We're running a small Cassandra cluster (v1.0.10) serving data to our web application, and as our traffic grows, we're starting to see some weird issues. The biggest of these is that sometimes, a single node becomes unresponsive. It's impossible to start new connections, or impossible to send requests, or it just doesn't return anything when you've sent a request. Our client library is set to retry on another server when this happens, and what we see then is that the request is usually served instantly. So it's not the case that some requests are very difficult, it's that sometimes a node is just "busy", and we have no idea why or what it's doing.

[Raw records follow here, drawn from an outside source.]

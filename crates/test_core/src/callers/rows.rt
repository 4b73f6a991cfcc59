//! A row: phases over a new machine, the heap that it is made over, and how machines and kernels go: each in a function that
//! does nothing else, since what such a value has is let go on each way through a body on which it ends.
ghost use Rattle.std.specs.Prelude.{◌≡◌, All, IfOk};
ghost use Rattle.evl_kernel.specs.state.Callbacks.{AnswersByPlan};

use super::boards::board_with;
use super::passes::Passes;
use super::phases::{Phase, Side, answers_by, is_left};
use crate::short::ENOUGH;
use evl_base::{Board, MutexKind, Refusal};
use evl_kernel::KernelOf;
use evl_machine::{CallerOf, MachineOf};
use evl_pipeline::{Callback, Handler};
use linked_list_allocator::LocalHeap;
use std::alloc::{Allocator, Global};
use std::sync::Wait;

/// A machine over a board and a bank, with its callers.
pub fn made<C: Handler, A: Allocator + Clone>(
    alloc: A,
    boxes: Global,
    board: Board,
    bank: Vec<C, A>,
    limit: u32,
) -> Result<(MachineOf<C, A>, Vec<CallerOf<C, A>, A>), Refusal>
    ensures callers { IfOk result (λ m. All (λ c. c.machine ≡ m.0) m.1.items) }
    ensures by_plan { IfOk result (λ m. AnswersByPlan C.declared C.plan m.0.first.callbacks) }
{
    match MachineOf::over(alloc, boxes, board, bank, limit) {
        Ok(made) => Ok(made),
        Err(refusal) => Err(refusal),
    }
}

// Whether a phase is answered as it is wanted, and leaves what is wanted.
fn is_phase<C: Handler, A: Allocator, R: Wait>(
    rt: &R,
    memory: Memory<'_>,
    machine: &MachineOf<C, A>,
    callers: &mut Vec<CallerOf<C, A>, A>,
    passes: &mut Passes,
    phase: &Phase<'_>,
) -> bool
    requires callers { All (λ c. c.machine ≡ machine.now) callers.old.items }
    requires by_plan { AnswersByPlan C.declared C.plan machine.now.first.callbacks }
    ensures { All (λ c. c.machine ≡ machine.now) callers.new.items }
{
    let told = answers_by(rt, memory, machine, callers, passes, phase.0, phase.1);
    let left = is_left(machine, callers, phase.2);
    told && left
}

// Whether phases are answered and leave what is wanted, one after another.
fn are_phases<C: Handler, A: Allocator, R: Wait>(
    rt: &R,
    memory: Memory<'_>,
    machine: &MachineOf<C, A>,
    callers: &mut Vec<CallerOf<C, A>, A>,
    passes: &mut Passes,
    phases: &[Phase<'_>],
) -> bool
    requires callers { All (λ c. c.machine ≡ machine.now) callers.old.items }
    requires by_plan { AnswersByPlan C.declared C.plan machine.now.first.callbacks }
    ensures { All (λ c. c.machine ≡ machine.now) callers.new.items }
{
    for phase in phases {
        if !is_phase(rt, memory, machine, callers, passes, phase) {
            return false;
        }
    }
    true
}

// The same over a new machine.
fn is_row_of<C: Handler, A: Allocator + Clone, R: Wait>(
    rt: &R,
    memory: Memory<'_>,
    alloc: A,
    board: Board,
    bank: Vec<C, A>,
    limit: u32,
    phases: &[Phase<'_>],
) -> bool {
    match made(alloc, memory.boxes, board, bank, limit) {
        Ok((machine, mut callers)) => {
            let mut passes = Passes::new(memory.boxes);
            let told = are_phases(rt, memory, &machine, &mut callers, &mut passes, phases);
            leave(machine, callers);
            told
        }
        Err(_) => false,
    }
}

// The same over a heap, with no callbacks. The last of the four callers looks and has the core.
fn is_row_over<R: Wait>(
    rt: &R,
    memory: Memory<'_>,
    first: MutexKind,
    limit: u32,
    phases: &[Phase<'_>],
) -> bool {
    let bank: Vec<Callback, &LocalHeap> = Vec::new(memory.heap);
    is_row_of(
        rt,
        memory,
        memory.heap,
        board_with(4, first),
        bank,
        limit,
        phases,
    )
}

/// Whether the phases are answered as it is wanted by a new machine, whose first mutex is of this kind and whose history
/// has so many entries at most, and leave what is wanted.
pub fn is_row<R: Wait>(
    rt: &R,
    boxes: Global,
    first: MutexKind,
    limit: u32,
    phases: &[Phase<'_>],
) -> bool {
    match LocalHeap::new(boxes, ENOUGH) {
        Ok(heap) => {
            let memory = Memory { heap: &heap, boxes };
            is_row_over(rt, memory, first, limit, phases)
        }
        Err(_) => false,
    }
}

/// A machine goes, with its callers.
pub fn leave<C: Drop, A: Allocator>(machine: MachineOf<C, A>, callers: Vec<CallerOf<C, A>, A>) {
    drop(machine);
    drop(callers);
}

/// A kernel goes.
pub fn leave_kernel<C: Drop, A: Allocator>(kernel: KernelOf<C, A>) {
    drop(kernel);
}

/// Why there is no machine; none where there is one, which goes.
pub fn why_none<C: Drop, A: Allocator>(
    made: Result<(MachineOf<C, A>, Vec<CallerOf<C, A>, A>), Refusal>,
) -> Option<Refusal> {
    match made {
        Ok((machine, callers)) => {
            leave(machine, callers);
            None
        }
        Err(refusal) => Some(refusal),
    }
}

/// A heap, and where lies what isn't taken from it.
#[derive(Clone, Copy)]
pub struct Memory<'a> {
    pub heap: &'a LocalHeap,
    pub boxes: Global,
}

impl<'a> Memory<'a> {
    /// All that the heap has left where there is to be no memory, and else nothing.
    pub fn taken_for(self, side: Side) -> Vec<Vec<u8, &'a LocalHeap>> {
        let mut pieces = Vec::new(self.boxes);
        if matches!(side, Side::Short | Side::AppliedShort) {
            takes_all(self.heap, &mut pieces);
        }
        pieces
    }
}

// All that a heap has left comes to the pieces.
fn takes_all<'a>(heap: &'a LocalHeap, pieces: &mut Vec<Vec<u8, &'a LocalHeap>>) {
    for size in [131_072, 32_768, 8_192, 2_048, 512, 128, 32, 16] {
        takes_pieces(heap, pieces, size);
    }
}

// Pieces of a size, as many as a heap has left.
fn takes_pieces<'a>(heap: &'a LocalHeap, pieces: &mut Vec<Vec<u8, &'a LocalHeap>>, size: usize) {
    for _ in 0..64 {
        match Vec::with_capacity(heap, size) {
            Ok(piece) => {
                let _ = pieces.push(piece);
            }
            Err(_) => return,
        }
    }
}
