//! All that the kernel records of a mutex, beside its word, while callers lock it and hand it on.
use super::acts::Act::{Begin, Finish, Lock, Unlock, UnlockFast};
use super::acts::{Act, Ask, BUSY, DONE, PASSED, Told, WAITING};
use super::boards::{FIRST, NORMAL};
use super::phases::{Left, Phase, Side, listed, phases};
use super::rows::is_row;
use crate::rows::steps;
use evl_base::{Policy, Stage, ThreadId};

const ATTACH_AT_10: Act = Act::Call(Ask::Attach(Policy::Fifo(10), Stage::Oob));

const ATTACH_AT_20: Act = Act::Call(Ask::Attach(Policy::Fifo(20), Stage::Oob));

const ATTACH_AT_30: Act = Act::Call(Ask::Attach(Policy::Fifo(30), Stage::Oob));

const RANK: Act = Act::Call(Ask::RankOf(ThreadId(0)));

// Row one_table_1: while another thread waits, the owner in the word is recorded and has that one's rank; handed on,
// the mutex has no recorded owner, and the rank is its own again.
const ONE_WAITER: [Phase<'_>; 2] = phases![
    Free [0 ATTACH_AT_10 => DONE, 1 ATTACH_AT_20 => DONE, 0 Lock(FIRST) => PASSED,
        1 Begin(FIRST, None) => WAITING, 0 RANK => Told::Number(532)] Left::Awaited(4, 0, 1);
    Free [0 Unlock(FIRST) => DONE, 0 RANK => Told::Number(522)] Left::Offered(6, 1);
];

#[test]
fn one_table_1(rt: HostRuntime) {
    assert!(rt; is_row(&rt, rt.alloc(), NORMAL, 100, &ONE_WAITER));
}

// Row one_table_2: the mutex is handed on to the waiter of the greatest rank, which is recorded since the other one
// still waits; its word has the mark, so the fast path gives its pass back.
const TWO_WAITERS: [Phase<'_>; 2] = phases![
    Free [0 ATTACH_AT_10 => DONE, 1 ATTACH_AT_20 => DONE, 2 ATTACH_AT_30 => DONE,
        0 Lock(FIRST) => PASSED, 1 Begin(FIRST, None) => WAITING, 2 Begin(FIRST, None) => WAITING,
        0 Unlock(FIRST) => DONE] Left::OfferedOn(6, 2, 1);
    Free [2 Finish => PASSED, 2 UnlockFast(FIRST) => BUSY] Left::Awaited(7, 2, 1);
];

#[test]
fn one_table_2(rt: HostRuntime) {
    assert!(rt; is_row(&rt, rt.alloc(), NORMAL, 100, &TWO_WAITERS));
}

We're using MRTG and Monit to monitor the servers, and in MRTG the average CPU usage is around 5%, on our quad-core Xeon servers with SSDs. But occassionally through Monit we can see that the 1-min load average goes above 4, and this usually corresponds to the above issues. Is this common? Does this happen to everyone else? And why the spikiness in load? We can't find anything in the cassandra logs indicating that something's up (such as a slow GC or compaction), and there's no corresponding traffic spike in the application either. Should we just add more nodes if any single one gets CPU spikes?
Another explanation could also be that we've configured it wrong. We're running pretty much default config. Each node has 16G of RAM, 4GB of heap, no row-cache and an sizeable key-cache. Despite that, we occasionally get OOM exceptions, and nodes crashing, maybe a few times per month. Should we increase heap size? Or move to 1.1 and enable off-heap caching?
We have quite a lot of traffic to the cluster. A single keyspace with two column families, RF=3, compression is enabled, and we're running the default size-tiered compaction.
Column family A has 60GB of actual data, each row has a single column, and that column holds binary data that varies in size up to 500kB. When we update a row, we write a new value to this single column, effectively replacing that entire row. We do ~1000 updates/s, totalling ~10MB/s in writes.
Column family B also has 60GB of actual data, but each row has a variable (~100-10000) number of supercolumns, and each supercolumn has a fixed number of columns with a fixed amount of data, totalling ~1kB. The operations we are doing on this column family is that we add supercolumns to rows with a rate of ~200/s, and occasionally we do bulk deletion of supercolumns in a row.
The config options we are unsure about are things like commit log sizes, memtable flushing thresholds, commit log syncing, compaction throughput, etc. Are we at a point with our data size and write load that the defaults aren't good enough anymore? Should we stick with size-tiered compaction, even though our application is update-heavy?